9
votes

Background

Right now, I'm creating a multiple-predictor linear model and generating diagnostic plots to assess regression assumptions. (It's for a multiple regression analysis stats class that I'm loving at the moment :-)

My textbook (Cohen, Cohen, West, and Aiken 2003) recommends plotting each predictor against the residuals to make sure that:

  1. The residuals don't systematically covary with the predictor
  2. The residuals are homoscedastic with respect to each predictor in the model

On point (2), my textbook has this to say:

Some statistical packages allow the analyst to plot lowess fit lines at the mean of the residuals (0-line), 1 standard deviation above the mean, and 1 standard deviation below the mean of the residuals....In the present case {their example}, the two lines {mean + 1sd and mean - 1sd} remain roughly parallel to the lowess {0} line, consistent with the interpretation that the variance of the residuals does not change as a function of X. (p. 131)

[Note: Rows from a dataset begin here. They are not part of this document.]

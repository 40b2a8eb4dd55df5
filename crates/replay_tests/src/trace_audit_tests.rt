//! Recorded traces and the verdicts on them. Each verdict follows from the one thing that was changed in a legal trace.
use schedule_text::ReadError;
use std::alloc::{AllocError, Global};
use std::test::Fail;
use text::Text;
use trace_audit::{audit, write_bad_trace, write_verdict};

// Whether a trace of these parts has this verdict, or this first bad line.
fn is_judged(alloc: Global, parts: &[&str], line: &str) -> Result<bool, AllocError> {
    let trace = parts.join(alloc, "")?;
    let mut text = Text::new(alloc);
    match audit(alloc, trace.as_bytes()) {
        Ok(verdict) => write_verdict(&mut text, &verdict)?,
        Err(ReadError::Bad(bad)) => write_bad_trace(&mut text, &bad)?,
        Err(ReadError::Memory) => return Err(AllocError),
    }
    Ok(text.as_bytes() == line.as_bytes())
}

/// Three nodes begin, and a is the master of term 1: 21 lines.
pub const ELECTION: &str = "initial a,b,c\n\
    > boot a\nact a ok boot a,b,c\n\
    > boot b\nact b ok boot a,b,c\n\
    > boot c\nact c ok boot a,b,c\n\
    > startjoin a a 1\nact a ok startjoin a 1\nm1 a->a join 1 0/0\n\
    > startjoin b a 1\nact b ok startjoin a 1\nm2 b->a join 1 0/0\n\
    > startjoin c a 1\nact c ok startjoin a 1\nm3 c->a join 1 0/0\n\
    > deliver a 1\nact a ok join a a 1 0/0\n\
    > deliver a 2\nact a ok join b a 1 0/0\nwon a 1\n";

/// The same, where the join of b is taken as one of term 2, which nobody sent.
pub const UNSENT: &str = "initial a,b,c\n\
    > boot a\nact a ok boot a,b,c\n\
    > boot b\nact b ok boot a,b,c\n\
    > boot c\nact c ok boot a,b,c\n\
    > startjoin a a 1\nact a ok startjoin a 1\nm1 a->a join 1 0/0\n\
    > startjoin b a 1\nact b ok startjoin a 1\nm2 b->a join 1 0/0\n\
    > startjoin c a 1\nact c ok startjoin a 1\nm3 c->a join 1 0/0\n\
    > deliver a 1\nact a ok join a a 1 0/0\n\
    > deliver a 2\nact a ok join b a 2 0/0\nwon a 1\n";

// Texts that are bad, whatever they show.
const BAD: &[(&str, &str)] = &[
    ("", "zen: bad trace at line 1: Header\n"),
    ("initial a,b,c\nfoo\n", "zen: bad trace at line 2: Word\n"),
    ("initial a,b,c", "zen: bad trace at line 1: NoNewline\n"),
    ("initial _\n", "zen: bad trace at line 1: Header\n"),
    ("initial b,a\n", "zen: bad trace at line 1: Header\n"),
    ("initial a b\n", "zen: bad trace at line 1: Header\n"),
    ("\n", "zen: bad trace at line 1: Header\n"),
    ("initial a\n\n", "zen: bad trace at line 2: Word\n"),
    ("initial a\nm01 a\n", "zen: bad trace at line 2: Word\n"),
    ("initial a\nm a\n", "zen: bad trace at line 2: Word\n"),
    (
        "initial a\nm1\nwon\nmodeless\n",
        "zen: bad trace at line 4: Word\n",
    ),
    (
        "initial a\nact a ok boot b\nact\n",
        "zen: bad trace at line 3: Shape\n",
    ),
    (
        "initial a\nact a ok boot a\nact a ok",
        "zen: bad trace at line 3: NoNewline\n",
    ),
    (
        "initial a\nact a ok boot b,a\n",
        "zen: bad trace at line 2: Shape\n",
    ),
    (
        "initial a\nact a ok open\n",
        "zen: bad trace at line 2: Shape\n",
    ),
    (
        "initial a\nact a refused:NotWon boot a\n",
        "zen: bad trace at line 2: Shape\n",
    ),
    (
        "initial a\nact a refused:NotForMe(a,b) join a a 1 0/0\n",
        "zen: bad trace at line 2: Shape\n",
    ),
    (
        "initial a\nact a refused:TermMismatch(1) join a a 1 0/0\n",
        "zen: bad trace at line 2: Shape\n",
    ),
    (
        "initial a\nact a refused:TermMismatch(1,02) join a a 1 0/0\n",
        "zen: bad trace at line 2: Shape\n",
    ),
    (
        "initial a\nact a refused:TermMismatch(1,2 join a a 1 0/0\n",
        "zen: bad trace at line 2: Shape\n",
    ),
    (
        "initial a\nact a ok join a a 1 0\n",
        "zen: bad trace at line 2: Shape\n",
    ),
    (
        "initial a\nact a ok join a a 1 0/0 \n",
        "zen: bad trace at line 2: Shape\n",
    ),
    (
        "initial a\nrecord a 1 0/0 a\n",
        "zen: bad trace at line 2: Shape\n",
    ),
    (
        "initial a\nact a ok value 1 a {\"exclusions\":[],\"master\":null,\"members\":[]}\n",
        "zen: bad trace at line 2: Shape\n",
    ),
    (
        "initial a\nact a ok value 1 a {\"exclusions\":[],\"master\":null,\"members\":[\"b\",\"a\"],\"settings\":{}}\n",
        "zen: bad trace at line 2: Shape\n",
    ),
    (
        "initial a\nact a ok value 1 a {\"exclusions\":[],\"master\":null,\"members\":[],\"settings\":{},\"x\":1}\n",
        "zen: bad trace at line 2: Shape\n",
    ),
];

// What stands after the election, and the verdict.
const CLAUSES: &[(&str, &str)] = &[
    // a restart
    (
        "crashed a\nrecord a 1 0/0 a,b,c a,b,c\nact a refused:NotStarted join a a 1 0/0\n",
        "legal=10\nwinners=1\ncommitted=0\nwon a 1\n",
    ),
    ("record a 2 0/0 a,b,c a,b,c\n", "zen: line 22: Opening\n"),
    ("record a 1 0/0 a,b,c a,b\n", "zen: line 22: Opening\n"),
    (
        "record d 0 0/0 _ _\nact d ok boot a,b,c\n",
        "legal=10\nwinners=1\ncommitted=0\nwon a 1\n",
    ),
    ("record d 1 0/0 _ _\n", "zen: line 22: Opening\n"),
    // a crash that was kept, or not, or is not known
    (
        "act a crashed startjoin a 2\nrecord a 2 0/0 a,b,c a,b,c\n",
        "legal=10\nwinners=1\ncommitted=0\nwon a 1\n",
    ),
    (
        "act a crashed startjoin a 2\nrecord a 1 0/0 a,b,c a,b,c\nact a ok startjoin a 2\n",
        "legal=11\nwinners=1\ncommitted=0\nwon a 1\n",
    ),
    (
        "act a crashed startjoin a 2\nrecord a 3 0/0 a,b,c a,b,c\n",
        "zen: line 23: Opening\n",
    ),
    (
        "act a crashed startjoin a 2\n",
        "legal=9\nwinners=1\ncommitted=0\nwon a 1\n",
    ),
    (
        "act a crashed startjoin a 2\nact a ok startjoin a 3\n",
        "zen: line 23: Opening\n",
    ),
    ("act a crashed startjoin a 1\n", "zen: line 22: Outcome\n"),
    ("act a crashed join a a 1 0/0\n", "zen: line 22: Outcome\n"),
    // a fault of the disk
    (
        "act a disk startjoin a 2\nact a stopped startjoin a 3\nact a stopped boot a,b,c\nrecord a 2 0/0 a,b,c a,b,c\nact a refused:TermNotGreater(2,2) startjoin a 2\n",
        "legal=13\nwinners=1\ncommitted=0\nwon a 1\n",
    ),
    (
        "act a disk startjoin a 2\nact a ok startjoin a 3\n",
        "zen: line 23: Outcome\n",
    ),
    ("act a stopped startjoin a 2\n", "zen: line 22: Outcome\n"),
    // the rest
    (
        "act a refused:AlreadySet boot a,b\n",
        "zen: line 22: Bootstrap\n",
    ),
    (
        "act a refused:AlreadySet boot a,b,c\n",
        "legal=9\nwinners=1\ncommitted=0\nwon a 1\n",
    ),
    (
        "act a refused:EmptyConfig boot a,b,c\n",
        "zen: line 22: Outcome\n",
    ),
    (
        "act a ok join b a 1 0/0\nact a ok startjoin a 1\n",
        "zen: line 23: Outcome\n",
    ),
    (
        "act a ok startjoin a 4611686018427387905\n",
        "zen: line 22: Outcome\n",
    ),
    (
        "act a refused:TermTooLarge(4611686018427387905) startjoin a 4611686018427387905\n",
        "legal=9\nwinners=1\ncommitted=0\nwon a 1\n",
    ),
    (
        "act b refused:NotForMe(a) join b a 1 0/0\n",
        "legal=9\nwinners=1\ncommitted=0\nwon a 1\n",
    ),
    (
        "act b refused:NotForMe(c) join b a 1 0/0\n",
        "zen: line 22: Outcome\n",
    ),
    // a join that was sent, but for the term of the last accepted state
    ("act a ok join c a 1 1/0\n", "zen: line 22: Unsent\n"),
    // a bad line comes before any verdict
    (
        "act a stopped startjoin a 2\nfoo\n",
        "zen: bad trace at line 23: Word\n",
    ),
];

const ELECTIONS: &[(&str, &str)] = &[
    (ELECTION, "legal=8\nwinners=1\ncommitted=0\nwon a 1\n"),
    (UNSENT, "zen: line 20: Unsent\n"),
];

// What the traces begin with, and what stands after it with the verdict.
const JUDGED: &[(&str, &str, &[(&str, &str)])] = &[
    ("an_election_is_legal", "", ELECTIONS),
    ("bad_texts_are_refused_by_their_first_bad_line", "", BAD),
    ("the_first_clause_that_breaks_is_named", ELECTION, CLAUSES),
];

#[test]
fn traces_have_these_verdicts(rt: HostRuntime) -> Result<(), Fail> {
    for (name, head, rows) in JUDGED {
        for (more, line) in *rows {
            let is_judged = is_judged(rt.alloc(), &[*head, *more], line)?;
            assert!(rt; is_judged, "{name}: {more}");
        }
    }
    Ok(())
}

// The state that is published, in two spellings, one with another value, and one with another parent; and the verdict on what comes of it.
const STATES: &[(&str, &str)] = &[
    (
        "{\"committed\":[\"a\",\"b\",\"c\"],\"config\":[\"a\",\"b\",\"c\"],\"parent\":{\"term\":0,\"version\":0},\"term\":1,\"value\":{\"exclusions\":[],\"master\":null,\"members\":[],\"settings\":{\"v\":\"x\"}},\"version\":1}",
        "legal=14\nwinners=1\ncommitted=1\nwon a 1\n",
    ),
    (
        "{ \"version\": 1, \"parent\": {\"version\":0,\"term\":0}, \"term\": 1, \"config\": [\"a\",\"b\",\"c\"], \"committed\":[\"a\",\"b\",\"c\"],\"value\":{\"settings\":{\"v\":\"x\"},\"exclusions\":[],\"master\":null,\"members\":[]}}",
        "legal=14\nwinners=1\ncommitted=1\nwon a 1\n",
    ),
    (
        "{\"committed\":[\"a\",\"b\",\"c\"],\"config\":[\"a\",\"b\",\"c\"],\"parent\":{\"term\":0,\"version\":0},\"term\":1,\"value\":{\"exclusions\":[],\"master\":null,\"members\":[],\"settings\":{\"v\":\"y\"}},\"version\":1}",
        "zen: line 26: Unsent\n",
    ),
    (
        "{\"committed\":[\"a\",\"b\",\"c\"],\"config\":[\"a\",\"b\",\"c\"],\"parent\":null,\"term\":1,\"value\":{\"exclusions\":[],\"master\":null,\"members\":[],\"settings\":{\"v\":\"x\"}},\"version\":1}",
        "zen: line 26: Unsent\n",
    ),
];

// What stands before the state that is published, and before it where it is accepted a second time.
const PUBLISHED: &str = "> value a 1 x a,b,c\n\
    act a ok value 1 a,b,c {\"exclusions\":[],\"master\":null,\"members\":[],\"settings\":{\"v\":\"x\"}}\n\
    m4 a->* publish\n\
    > deliver a 4\nact a ok publish a ";

const ACCEPTED: &str = "\nm5 a->a response 1/1\n> deliver b 4\nact b ok publish a ";

const COMMIT: &str = "\nm6 b->a response 1/1\n\
    > deliver a 5\nact a ok response a a 1/1\n\
    > deliver a 6\nact a ok response b a 1/1\ncommitted x\nm7 a->* commit 1/1\n\
    > deliver c 7\nact c refused:AcceptedTermMismatch(0,1) commit a 1/1\n";

#[test]
fn a_state_that_is_taken_is_the_one_that_was_published(rt: HostRuntime) -> Result<(), Fail> {
    for (state, line) in STATES {
        let parts = [ELECTION, PUBLISHED, *state, ACCEPTED, *state, COMMIT];
        let is_taken = is_judged(rt.alloc(), &parts, line)?;
        assert!(rt; is_taken, "{state}");
    }
    Ok(())
}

How can I modify loess lines?

I know how to generate a scatterplot with a "0-line,":

    # First, I'll make a simple linear model and get its diagnostic stats
    library(ggplot2)
    data(cars)
    mod <- fortify(lm(speed ~ dist, data = cars))
    attach(mod)
    str(mod)

    # Now I want to make sure the residuals are homoscedastic
    qplot (x = dist, y = .resid, data = mod) + 
    geom_smooth(se = FALSE) # "se = FALSE" Removes the standard error bands

But does anyone know how I can use ggplot2 and qplot to generate plots where the 0-line, "mean + 1sd" AND "mean - 1sd" lines would be superimposed? Is that a weird/complex question to be asking?

3
For what it's worth, I'm not wedded to ggplot2. I've just found it to be a really intuitive and powerful package for data display, particularly since I'm an R novice :-) - briandk
I'm not sure what you want. Isn't that just a 68% confidence interval? I was always taught to plot the absolute residuals and a loess. It's a simpler check for varying variance. - hadley
Hadley - My book gives an example of homoscedasticity, and two examples of heteroscedasticity: picasaweb.google.com/brian.danielak/… In the second and third photos, the 0-line for loess doesn't wiggle much at all, but the +1sd and -1sd lines bring out the pattern in the residuals. Granted, the patterns are visible without any loess, but what if they were less apparent in the plot? I can't tell if my problem is at the coding level or the conceptual stats level. Given the data in those pictures, how would you think about assessing homoscedasticity? - briandk
Correct me if I'm wrong Hadley, but I believe that the standard errors for loess are computed assuming homoskedasicity (via residual.scale). Briandk, this doesn't answer your question, but I would use something like: qplot (x = dist, y = abs(.resid), data = mod) + geom_smooth(), and if the line is not flat, use hccm. - Ian Fellows
... I wish I had known about fortify() 2 hours ago. - Matt Parker

3 Answers

4
votes

Apology

Folks, I want to apologize for my ignorance. Hadley is absolutely right, and the answer was right in front of me all along. As I suspected, my question was born of statistical, rather than programmatic ignorance.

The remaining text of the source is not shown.